米ドル/円は火曜日、一時160.00を上回り、2024年7月以来の高値を付けた後、159.60前後へ反落し、ほぼ横ばいで引けた。160.00近辺では過去に財務省(外国為替市場への介入を担当)が実弾介入(政府・日銀が市場で円買い・ドル売りを行い、相場を押し戻すこと)に踏み切った経緯があり、市場では再び介入観測が浮上している。
国内では、2月の家計消費支出が前年同月比1.8%減となり、市場予想(0.7%減)を下回り、前回(1.0%減)からも悪化した。現金給与総額は前年同月比2.7%増と予想通りだったが、1月(3.0%増)から伸びが鈍化。景気先行指数は112.4に上昇した。
日銀の利上げ観測と主要経済指標
市場では、今月後半に日銀が利上げ(政策金利を引き上げること)に踏み切る確率を約70%と織り込んでおり、4月28日の会合を前に思惑が強まっている。木曜日には日本の企業物価指数(PPI、企業間で取引されるモノの価格の変化を示す指標)の発表が控える。
米国では水曜日に注目が集まる。トランプ大統領は米東部時間午後8時を期限に、イランに停戦合意とホルムズ海峡(中東の主要な原油輸送ルート)の再開を求めた一方、パキスタン首相は2週間の延長を要請した。報道によれば、イランは一時停戦案を拒否し、米国がイランのハルグ島を攻撃した後、原油は1バレル=100ドルを上回って推移している。インフラは温存されたとも伝えられている。
水曜日夜にはFOMC議事要旨(米連邦公開市場委員会の議論内容をまとめた文書)の公表が予定され、FRB高官のデイリー、ウォーラー両氏の発言も控える。FRBは3月に政策金利を3.50%〜3.75%に据え置いた。15分足では米ドル/円が159.57付近で推移し、下値めどは159.50、159.30、159.00。上値は200期間EMA(指数平滑移動平均線。直近の価格を重視して算出する移動平均で、相場の方向感や抵抗帯の目安に使われる)近辺の159.70、その上は159.90、160.20が意識される。

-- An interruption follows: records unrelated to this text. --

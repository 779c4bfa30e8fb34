//! Heaps whose capacity is known to the byte, and the calls that are tried in them.

use super::copies::Copied;
use super::lists::Listed;
use super::maps::Mapped;
use super::prints::Printed;
use super::readers::Input;
use super::said::Step;
use super::sessions::Session;
use super::shared::InBook;
use super::stores::Change;
use super::values::Made;
use super::{copies, lists, maps, prints, readers, sessions, shared, steps, stores, values};
use bumpalo::Bump;
use std::alloc::AllocError;
use std::process::Abort;
use std::sync::Wait;
use std::test::*;

/// How many bytes of capacity a heap has beyond the first limit that is tried, and how many heaps are tried at most.
const AMPLE: usize = 60_000;

/// Returns a heap with at least `room` bytes of capacity. The heap has several blocks, so it never reuses freed memory: each
/// allocation needs new capacity.
fn new_heap(rt: &(impl Abort + AllocGlobal), room: usize) -> Bump {
    let heap = Bump::new(rt.alloc());
    take(rt, &heap, 1);
    take(rt, &heap, room / 2);
    take(rt, &heap, heap.chunk_capacity().wrapping_add(1));
    heap
}

/// Uses up `bytes` bytes of the heap for good.
fn take(rt: &impl Abort, heap: &Bump, bytes: usize) {
    let taken: Result<Vec<u8, &Bump>, AllocError> = Vec::with_capacity(heap, bytes);
    if taken.is_err() {
        panic!(rt; "no memory for a heap");
    }
}

/// Limits the heap to exactly `room` bytes of capacity: uses up the rest, and forbids further blocks.
pub(super) fn narrow(rt: &impl Abort, heap: &Bump, room: usize) {
    let left = heap.chunk_capacity();
    assert!(rt; room <= left, "a heap is too small");
    take(rt, heap, left.wrapping_sub(room));
    heap.set_allocation_limit(Some(0));
    assert_eq!(rt; heap.chunk_capacity(), room);
}

/// Allows further blocks again, so that the heap has ample capacity.
pub(super) fn widen(heap: &Bump) {
    heap.set_allocation_limit(None);
}

/// A call that is tried, by the module that makes it.
#[derive(Clone, Copy)]
pub(super) enum Call<'a> {
    Copy(Copied<'a>),
    List(Listed),
    Map(Mapped),
    Print(Printed<'a>),
    /// Reads an input, into a packed submission or not.
    Read(Input<'a>, bool),
    Session(Session<'a>),
    Shared(InBook<'a>),
    /// Takes a step, in two halves or not.
    Step(Step<'a>, bool),
    Store(Change<'a>),
    Value(Made),
}

/// Makes the call with a capacity of `room` bytes, and returns whether an allocation failed. A failed call is repeated with ample
/// capacity.
fn is_refused<R: Wait + Abort + AllocGlobal>(
    rt: &R,
    heap: &Bump,
    room: usize,
    call: Call<'_>,
) -> bool {
    match call {
        Call::Copy(copied) => copies::is_refused(rt, heap, room, copied),
        Call::List(listed) => lists::is_refused(rt, heap, room, listed),
        Call::Map(mapped) => maps::is_refused(rt, heap, room, mapped),
        Call::Print(printed) => prints::is_refused(rt, heap, room, printed),
        Call::Read(input, is_packed) => readers::is_refused(rt, heap, room, input, is_packed),
        Call::Session(session) => sessions::is_refused(rt, heap, room, session),
        Call::Shared(in_book) => shared::is_refused(rt, heap, room, in_book),
        Call::Step(step, in_halves) => steps::is_refused(rt, heap, room, step, in_halves),
        Call::Store(change) => stores::is_refused(rt, heap, room, change),
        Call::Value(value) => values::is_refused(rt, heap, room, value),
    }
}

/// Makes the call in a new heap of at least `most` bytes, with a capacity of `room` bytes.
fn is_refused_anew<R: Wait + Abort + AllocGlobal>(
    rt: &R,
    most: usize,
    room: usize,
    call: Call<'_>,
) -> bool {
    let heap = new_heap(rt, most);
    is_refused(rt, &heap, room, call)
}

/// Tries each call in heaps with a capacity of 0, 1, 2 and so on, until the call succeeds. In the first heap, an allocation must
/// fail.
pub(super) fn check_rising<R: Wait + Abort + AllocGlobal>(rt: &R, calls: &[Call<'_>]) {
    check_rising_by(rt, 1, 1, calls);
}

/// Like `check_rising`, for calls that allocate much: the capacities are 0, then `first`, and then rise by `more` bytes.
/// Capacities between 0 and `first` aren't tried, since each call's first allocation is known to fail with less than `first`.
pub(super) fn check_rising_by<R: Wait + Abort + AllocGlobal>(
    rt: &R,
    first: usize,
    more: usize,
    calls: &[Call<'_>],
) {
    for call in calls {
        check_call(rt, first, more, *call);
    }
}

/// Tries one call as `check_rising_by` says.
fn check_call<R: Wait + Abort + AllocGlobal>(rt: &R, first: usize, more: usize, call: Call<'_>) {
    let most = first.wrapping_add(AMPLE);
    assert!(rt; is_refused_anew(rt, most, 0, call), "no growth is met");
    let mut room = first;
    for _heap in 0..AMPLE {
        if !is_refused_anew(rt, most, room, call) {
            return;
        }
        room = room.wrapping_add(more);
    }
    panic!(rt; "refused in each heap");
}

/// Checks that each call succeeds in a heap without capacity, and so never allocates.
pub(super) fn check_none<R: Wait + Abort + AllocGlobal>(rt: &R, calls: &[Call<'_>]) {
    for call in calls {
        assert!(rt;
            !is_refused_anew(rt, AMPLE, 0, *call),
            "refused without a growth"
        );
    }
}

ボラティリティ(値動きの大きさ)を狙うオプション戦略
デリバティブ(株価や為替などを基に価値が決まる金融商品)では、オプションを使ってボラティリティを買う戦略が選択肢となる。例えばロング・ストラドル(同じ満期・同じ権利行使価格でコールとプットを同時に買い、上にも下にも大きく動けば利益を狙える手法)は、どちら方向でも大きな値幅が出れば利益になりやすい。一方で保険料(プレミアム)は高くなりやすく、米ドル/円の1カ月物のインプライド・ボラティリティ(市場が見込む将来の変動率)が、最近の9.5%から12%超へ上振れする可能性がある。ただし、軍事的緊張の悪化や不意の為替介入による反応が大きくなり得る点を踏まえると、コストに見合う場面もあり得る。
2022年後半の介入局面では、財務省の介入をきっかけに1日で5円超動く場面があった。同様の対応が再び行われれば、155.00方向へ短時間で急落しても不思議ではない。この前例を踏まえると、159.50超でのヘッジなしのロング(買い持ち)はリスクが非常に高い。
家計消費の弱さは日銀にとって重しになり得る。内需の先行きが弱い局面では、円を本格的に押し上げるほどの連続的な利上げは実行しにくい。市場は今月の利上げを織り込むが、それだけで相場を左右する大きな材料を打ち消せない可能性がある。
米ドルの最大の材料はイラン情勢で、WTI原油(米国産原油の代表指標)の価格はすでに1バレル=100ドルを上回る。期限が迫る中、緊張が強まれば「質への逃避」(リスク回避で比較的安全とされる資産へ資金が移る動き)でドル高に振れやすい。
すでに米ドル/円を買い持ちしている投資家は、アウト・オブ・ザ・マネーのプット(権利行使価格が現状より低い売る権利のオプション)でのヘッジが重要となる。権利行使価格158.00近辺のプットは、介入による急落に備える保険として比較的コストを抑えやすい。今後数日ではFOMC議事要旨と日本の企業物価指数が材料となり、相場の変動が拡大しやすい状況が続く。